This article discusses the way in which a group of young sculptors, all of whom were represented by the Lisson Gallery in London, came to establish their reputations during the late 1970s and 1980s. Analysis of acquisitions by the three main national collections in Britain and of press coverage in art journals indicates the reputational success achieved by Edward Allington, Tony Cragg, Richard Deacon, Anish Kapoor, Julian Opie and Bill Woodrow. It is argued that such success can be understood by applying some of the concepts used in marketing to an account of artists’ careers. In the case of the New British Sculptors of the 1980s, three themes in particular are relevant.
The first of these is the construction of a brand identity to link together a number of individuals who in some cases had never met and were unaware of each other's work until they found themselves included in the same group exhibition.
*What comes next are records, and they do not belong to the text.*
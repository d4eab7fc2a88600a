//! The search over the rows of a closed listing.

ghost use Rattle.std.specs.Prelude.{◌≡◌, ◌↔◌, ◌⊎◌, ◌<◌, ◌≤◌, ℕ, Bool, List, true, length, slice_index_or, IfOk, false};
ghost use Rattle.ua_table.specs.declared.limits.TheConstants.{SIZE, WIDTH, BUDGET};
ghost use Rattle.ua_table.specs.Listings.{vectors_of};
ghost use Rattle.ua_climb.specs.Ladders.{IsAllowed};
ghost use Rattle.ua_identity.specs.Patterns.{all_fillings};
ghost use Rattle.ua_chain.specs.inner.RowsOf.{AreOwnRows, HaveWidth};
ghost use Rattle.ua_chain.specs.inner.ClimbsIn.{IsClimbIn};

use crate::rows::{links_at, own_rows};
use std::alloc::{AllocError, Global};
use ua_climb::{Climb, least_climb};
use ua_close::Listing;
use ua_identity::Kind;

/// A least climb over the rows from the start to the end, or the rows that climbs lead to.
pub(crate) fn climb_in(
    alloc: Global,
    size: u32,
    kind: &Kind,
    list: &Listing,
    start: u32,
    end: u32,
) -> Result<Climb, AllocError>
    requires some { 0 < size }
    requires small { size ≤ SIZE }
    requires narrow { length (all_fillings size kind.now.patterns) ≤ WIDTH }
    requires widths { HaveWidth size kind.now.patterns (vectors_of list.now) }
    requires few { length list.now ≤ BUDGET }
    requires start { (allowed : List Bool) → AreOwnRows size kind.now (vectors_of list.now) allowed → IsAllowed allowed start }
    requires end { end < length list.now }
    ensures { IfOk result (IsClimbIn size kind.now (vectors_of list.now) start end) }
{
    // What this call ensures makes the links' patterns alike.
    let _places = kind.places();
    let allowed = own_rows(alloc, size, kind, list)?;
    let even = links_at(alloc, size, kind, kind.even(), list)?;
    let odd = links_at(alloc, size, kind, kind.odd(), list)?;
    least_climb(alloc, allowed.as_slice(), &even, &odd, start, end)
}

/// Which places are marked in either list.
pub(crate) fn either(alloc: Global, left: &[bool], right: &[bool]) -> Result<Vec<bool>, AllocError>
    requires { length left.now ≡ length right.now }
    ensures count { IfOk result (λ marks. length marks.items ≡ length left.now) }
    ensures marks { IfOk result (λ marks. (i : ℕ) → (slice_index_or marks.items i false ≡ true) ↔ ((slice_index_or left.now i false ≡ true) ⊎ (slice_index_or right.now i false ≡ true))) }
{
    let mut marks = Vec::with_capacity(alloc, left.len())?;
    for i in 0..left.len() {
        marks.push(left[i] || right[i])?;
    }
    Ok(marks)
}
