//! The power in which the vectors of a kind's terms lie, and their generators.

ghost use Rattle.std.specs.Prelude.{◌≡◌, ◌≤◌, IfOk, IfErr};
ghost use Rattle.std.specs.List.{AllByRecursion};
ghost use Rattle.ua_table.specs.declared.limits.TheConstants.{BUDGET};
ghost use Rattle.ua_table.specs.Algebras.{IsVector};
ghost use Rattle.ua_close.specs.Answers.{IsCause};
ghost use Rattle.ua_identity.specs.Chains.{power_of, generators_of};

use std::alloc::Global;
use ua_close::{CloseError, power_within};
use ua_identity::{Kind, place_vectors, width_of};
use ua_table::{Algebra, Frame, Vectors};

/// The power of the algebra in which the vectors of the kind's terms lie, with the generators of these, or why
/// they are too wide to be closed. None of them is made where they are too wide.
pub(crate) fn generators<'a>(
    alloc: Global,
    a: &'a Algebra,
    kind: &Kind,
    budget: u32,
) -> Result<(Frame<'a>, Vectors), CloseError>
    requires some { 1 ≤ budget }
    requires small { budget ≤ BUDGET }
    ensures frame { IfOk result (λ made. made.0 ≡ power_of a.now kind.now) }
    ensures generators { IfOk result (λ made. made.1.items ≡ generators_of a.now kind.now) }
    ensures admitted { IfOk result (λ made. AllByRecursion (IsVector made.0) made.1.items) }
    ensures cause { IfErr result (IsCause (power_of a.now kind.now) (generators_of a.now kind.now) budget) }
{
    let places = kind.places();
    let width = width_of(a.size(), kind.patterns());
    let frame = power_within(a, width, u32::from(places), budget)?;
    let gens = place_vectors(alloc, a.size(), kind.patterns(), places, frame.width())?;
    Ok((frame, gens))
}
It is suggested that the differences between their approaches and the appearance of the work itself, which from the viewpoint of art theory would weaken or invalidate the grouping altogether, can be seen from the perspective of marketing to have been helpful in generating additional comment and attention about the individual artists involved.
The second theme in the marketing of this art brand concerns the importance of ‘British-ness’ as a form of identity that had particular resonance at the time in positioning these artists and their work. This was based on the perception that within the field of late twentieth-century sculpture, British artists of earlier generations had established a tradition and achieved a level of reputational success internationally. This in turn meant that the New British Sculptors of the 1980s could be differentiated from other artistic groups and movements, at a time when these were often identified in relation to nationality.
Third, the article considers the importance of the way in which the ‘New British Sculpture’ brand was positioned in relation to Conceptual Art. This relationship was a complex and ambiguous one, even in the case of Tony Cragg who was the first of these artists to build a reputation and who had close links with established conceptual artists and dealers. However it is argued that from a marketing viewpoint the connection was easier to establish because of the previous involvement of the Lisson Gallery itself with figures such as Sol LeWitt, Dan Graham and Lawrence Weiner. Within this context, arguments about whether and how the ‘New British Sculptors’ were developing the concerns of Conceptual Art served as a way of generating attention and debate, and of reinforcing the association between the two. This in turn helped to position these artists in a favourable light in relation to the ‘New Image’ painters who were attracting great critical and commercial support at this time.